§ **What needs to be done**: Once you have read the listing, write it all out exactly.

§ **Exercise data**:

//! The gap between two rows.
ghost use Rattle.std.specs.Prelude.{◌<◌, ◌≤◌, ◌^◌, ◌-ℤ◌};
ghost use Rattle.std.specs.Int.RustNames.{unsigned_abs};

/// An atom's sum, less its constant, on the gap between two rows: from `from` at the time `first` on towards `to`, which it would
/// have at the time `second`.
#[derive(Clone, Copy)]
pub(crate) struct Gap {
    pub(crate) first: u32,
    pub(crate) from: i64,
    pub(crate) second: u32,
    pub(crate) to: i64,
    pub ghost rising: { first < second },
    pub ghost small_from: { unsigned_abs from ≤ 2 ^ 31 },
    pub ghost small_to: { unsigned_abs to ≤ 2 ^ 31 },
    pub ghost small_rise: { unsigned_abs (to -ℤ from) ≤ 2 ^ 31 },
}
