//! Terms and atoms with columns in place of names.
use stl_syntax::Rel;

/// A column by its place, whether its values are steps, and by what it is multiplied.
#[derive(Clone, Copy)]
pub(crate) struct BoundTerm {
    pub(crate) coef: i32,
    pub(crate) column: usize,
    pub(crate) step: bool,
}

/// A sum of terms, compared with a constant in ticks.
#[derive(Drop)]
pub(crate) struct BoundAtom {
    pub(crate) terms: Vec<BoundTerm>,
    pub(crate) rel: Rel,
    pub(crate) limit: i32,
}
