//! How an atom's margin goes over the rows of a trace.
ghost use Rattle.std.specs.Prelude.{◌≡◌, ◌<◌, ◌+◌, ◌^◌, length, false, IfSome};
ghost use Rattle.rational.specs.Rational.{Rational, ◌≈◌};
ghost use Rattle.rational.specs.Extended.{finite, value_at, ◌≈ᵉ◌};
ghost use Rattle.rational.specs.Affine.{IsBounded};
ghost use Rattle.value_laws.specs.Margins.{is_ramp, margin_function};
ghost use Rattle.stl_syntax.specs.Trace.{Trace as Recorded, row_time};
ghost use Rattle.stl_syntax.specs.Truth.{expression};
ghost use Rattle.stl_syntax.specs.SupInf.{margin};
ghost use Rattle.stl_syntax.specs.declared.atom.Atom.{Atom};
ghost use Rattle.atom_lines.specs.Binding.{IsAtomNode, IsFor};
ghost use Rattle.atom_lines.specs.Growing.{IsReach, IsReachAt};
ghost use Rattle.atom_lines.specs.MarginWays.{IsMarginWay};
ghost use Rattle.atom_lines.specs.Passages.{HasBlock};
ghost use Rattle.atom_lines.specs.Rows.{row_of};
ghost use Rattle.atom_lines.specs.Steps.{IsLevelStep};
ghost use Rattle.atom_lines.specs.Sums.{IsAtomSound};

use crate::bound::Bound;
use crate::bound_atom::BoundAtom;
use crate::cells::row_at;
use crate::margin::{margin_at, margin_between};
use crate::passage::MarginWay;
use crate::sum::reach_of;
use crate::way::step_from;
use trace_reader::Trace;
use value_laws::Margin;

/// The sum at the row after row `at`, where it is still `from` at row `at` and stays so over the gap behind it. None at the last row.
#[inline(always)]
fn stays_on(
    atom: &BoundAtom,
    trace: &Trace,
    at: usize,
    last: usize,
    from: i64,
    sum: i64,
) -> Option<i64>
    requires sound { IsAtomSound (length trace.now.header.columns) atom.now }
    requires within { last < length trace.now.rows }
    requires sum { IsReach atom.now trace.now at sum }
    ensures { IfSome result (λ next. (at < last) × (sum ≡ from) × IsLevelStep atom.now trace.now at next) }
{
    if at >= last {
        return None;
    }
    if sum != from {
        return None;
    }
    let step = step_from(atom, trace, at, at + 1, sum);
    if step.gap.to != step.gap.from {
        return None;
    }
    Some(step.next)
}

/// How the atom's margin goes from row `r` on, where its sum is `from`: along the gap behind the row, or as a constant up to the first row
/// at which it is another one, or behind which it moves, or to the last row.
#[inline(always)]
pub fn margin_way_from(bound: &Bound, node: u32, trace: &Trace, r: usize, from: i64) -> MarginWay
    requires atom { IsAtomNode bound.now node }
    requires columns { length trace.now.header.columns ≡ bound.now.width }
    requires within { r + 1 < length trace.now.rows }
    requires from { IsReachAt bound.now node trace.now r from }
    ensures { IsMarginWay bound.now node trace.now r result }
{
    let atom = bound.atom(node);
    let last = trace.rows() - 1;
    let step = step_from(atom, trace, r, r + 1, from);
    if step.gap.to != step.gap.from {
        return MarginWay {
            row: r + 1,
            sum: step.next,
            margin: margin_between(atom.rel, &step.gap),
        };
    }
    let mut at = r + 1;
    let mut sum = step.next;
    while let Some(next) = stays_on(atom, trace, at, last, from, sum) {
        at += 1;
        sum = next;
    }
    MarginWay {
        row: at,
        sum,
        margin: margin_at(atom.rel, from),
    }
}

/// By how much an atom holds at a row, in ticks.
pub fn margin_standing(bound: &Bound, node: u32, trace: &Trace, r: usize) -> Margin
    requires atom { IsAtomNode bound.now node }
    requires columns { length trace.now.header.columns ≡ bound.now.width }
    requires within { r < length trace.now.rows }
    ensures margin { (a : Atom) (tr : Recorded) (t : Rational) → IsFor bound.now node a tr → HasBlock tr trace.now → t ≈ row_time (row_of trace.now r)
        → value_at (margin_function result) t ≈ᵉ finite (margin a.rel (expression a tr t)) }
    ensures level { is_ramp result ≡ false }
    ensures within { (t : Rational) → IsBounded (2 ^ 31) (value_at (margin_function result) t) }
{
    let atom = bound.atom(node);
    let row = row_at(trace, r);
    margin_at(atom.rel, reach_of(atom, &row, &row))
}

§ **Exercise solution**:
//! The gap between two rows.
ghost use Rattle.std.specs.Prelude.{◌<◌, ◌≤◌, ◌^◌, ◌-ℤ◌};
ghost use Rattle.std.specs.Int.RustNames.{unsigned_abs};

/// An atom's sum, less its constant, on the gap between two rows: from `from` at the time `first` on towards `to`, which it would
/// have at the time `second`.
#[derive(Clone, Copy)]
pub(crate) struct Gap {
    pub(crate) first: u32,
    pub(crate) from: i64,
    pub(crate) second: u32,
    pub(crate) to: i64,
    pub ghost rising: { first < second },
    pub ghost small_from: { unsigned_abs from ≤ 2 ^ 31 },
    pub ghost small_to: { unsigned_abs to ≤ 2 ^ 31 },
    pub ghost small_rise: { unsigned_abs (to -ℤ from) ≤ 2 ^ 31 },
}
//! Terms and atoms with columns in place of names.
use stl_syntax::Rel;

/// A column by its place, whether its values are steps, and by what it is multiplied.
#[derive(Clone, Copy)]
pub(crate) struct BoundTerm {
    pub(crate) coef: i32,
    pub(crate) column: usize,
    pub(crate) step: bool,
}

/// A sum of terms, compared with a constant in ticks.
#[derive(Drop)]
pub(crate) struct BoundAtom {
    pub(crate) terms: Vec<BoundTerm>,
    pub(crate) rel: Rel,
    pub(crate) limit: i32,
}
//! How an atom's margin goes over the rows of a trace.
ghost use Rattle.std.specs.Prelude.{◌≡◌, ◌<◌, ◌+◌, ◌^◌, length, false, IfSome};
ghost use Rattle.rational.specs.Rational.{Rational, ◌≈◌};
ghost use Rattle.rational.specs.Extended.{finite, value_at, ◌≈ᵉ◌};
ghost use Rattle.rational.specs.Affine.{IsBounded};
ghost use Rattle.value_laws.specs.Margins.{is_ramp, margin_function};
ghost use Rattle.stl_syntax.specs.Trace.{Trace as Recorded, row_time};
ghost use Rattle.stl_syntax.specs.Truth.{expression};
ghost use Rattle.stl_syntax.specs.SupInf.{margin};
ghost use Rattle.stl_syntax.specs.declared.atom.Atom.{Atom};
ghost use Rattle.atom_lines.specs.Binding.{IsAtomNode, IsFor};
ghost use Rattle.atom_lines.specs.Growing.{IsReach, IsReachAt};
ghost use Rattle.atom_lines.specs.MarginWays.{IsMarginWay};
ghost use Rattle.atom_lines.specs.Passages.{HasBlock};
ghost use Rattle.atom_lines.specs.Rows.{row_of};
ghost use Rattle.atom_lines.specs.Steps.{IsLevelStep};
ghost use Rattle.atom_lines.specs.Sums.{IsAtomSound};

use crate::bound::Bound;
use crate::bound_atom::BoundAtom;
use crate::cells::row_at;
use crate::margin::{margin_at, margin_between};
use crate::passage::MarginWay;
use crate::sum::reach_of;
use crate::way::step_from;
use trace_reader::Trace;
use value_laws::Margin;

/// The sum at the row after row `at`, where it is still `from` at row `at` and stays so over the gap behind it. None at the last row.
#[inline(always)]
fn stays_on(
    atom: &BoundAtom,
    trace: &Trace,
    at: usize,
    last: usize,
    from: i64,
    sum: i64,
) -> Option<i64>
    requires sound { IsAtomSound (length trace.now.header.columns) atom.now }
    requires within { last < length trace.now.rows }
    requires sum { IsReach atom.now trace.now at sum }
    ensures { IfSome result (λ next. (at < last) × (sum ≡ from) × IsLevelStep atom.now trace.now at next) }
{
    if at >= last {
        return None;
    }
    if sum != from {
        return None;
    }
    let step = step_from(atom, trace, at, at + 1, sum);
    if step.gap.to != step.gap.from {
        return None;
    }
    Some(step.next)
}

/// How the atom's margin goes from row `r` on, where its sum is `from`: along the gap behind the row, or as a constant up to the first row
/// at which it is another one, or behind which it moves, or to the last row.
#[inline(always)]
pub fn margin_way_from(bound: &Bound, node: u32, trace: &Trace, r: usize, from: i64) -> MarginWay
    requires atom { IsAtomNode bound.now node }
    requires columns { length trace.now.header.columns ≡ bound.now.width }
    requires within { r + 1 < length trace.now.rows }
    requires from { IsReachAt bound.now node trace.now r from }
    ensures { IsMarginWay bound.now node trace.now r result }
{
    let atom = bound.atom(node);
    let last = trace.rows() - 1;
    let step = step_from(atom, trace, r, r + 1, from);
    if step.gap.to != step.gap.from {
        return MarginWay {
            row: r + 1,
            sum: step.next,
            margin: margin_between(atom.rel, &step.gap),
        };
    }
    let mut at = r + 1;
    let mut sum = step.next;
    while let Some(next) = stays_on(atom, trace, at, last, from, sum) {
        at += 1;
        sum = next;
    }
    MarginWay {
        row: at,
        sum,
        margin: margin_at(atom.rel, from),
    }
}

/// By how much an atom holds at a row, in ticks.
pub fn margin_standing(bound: &Bound, node: u32, trace: &Trace, r: usize) -> Margin
    requires atom { IsAtomNode bound.now node }
    requires columns { length trace.now.header.columns ≡ bound.now.width }
    requires within { r < length trace.now.rows }
    ensures margin { (a : Atom) (tr : Recorded) (t : Rational) → IsFor bound.now node a tr → HasBlock tr trace.now → t ≈ row_time (row_of trace.now r)
        → value_at (margin_function result) t ≈ᵉ finite (margin a.rel (expression a tr t)) }
    ensures level { is_ramp result ≡ false }
    ensures within { (t : Rational) → IsBounded (2 ^ 31) (value_at (margin_function result) t) }
{
    let atom = bound.atom(node);
    let row = row_at(trace, r);
    margin_at(atom.rel, reach_of(atom, &row, &row))
}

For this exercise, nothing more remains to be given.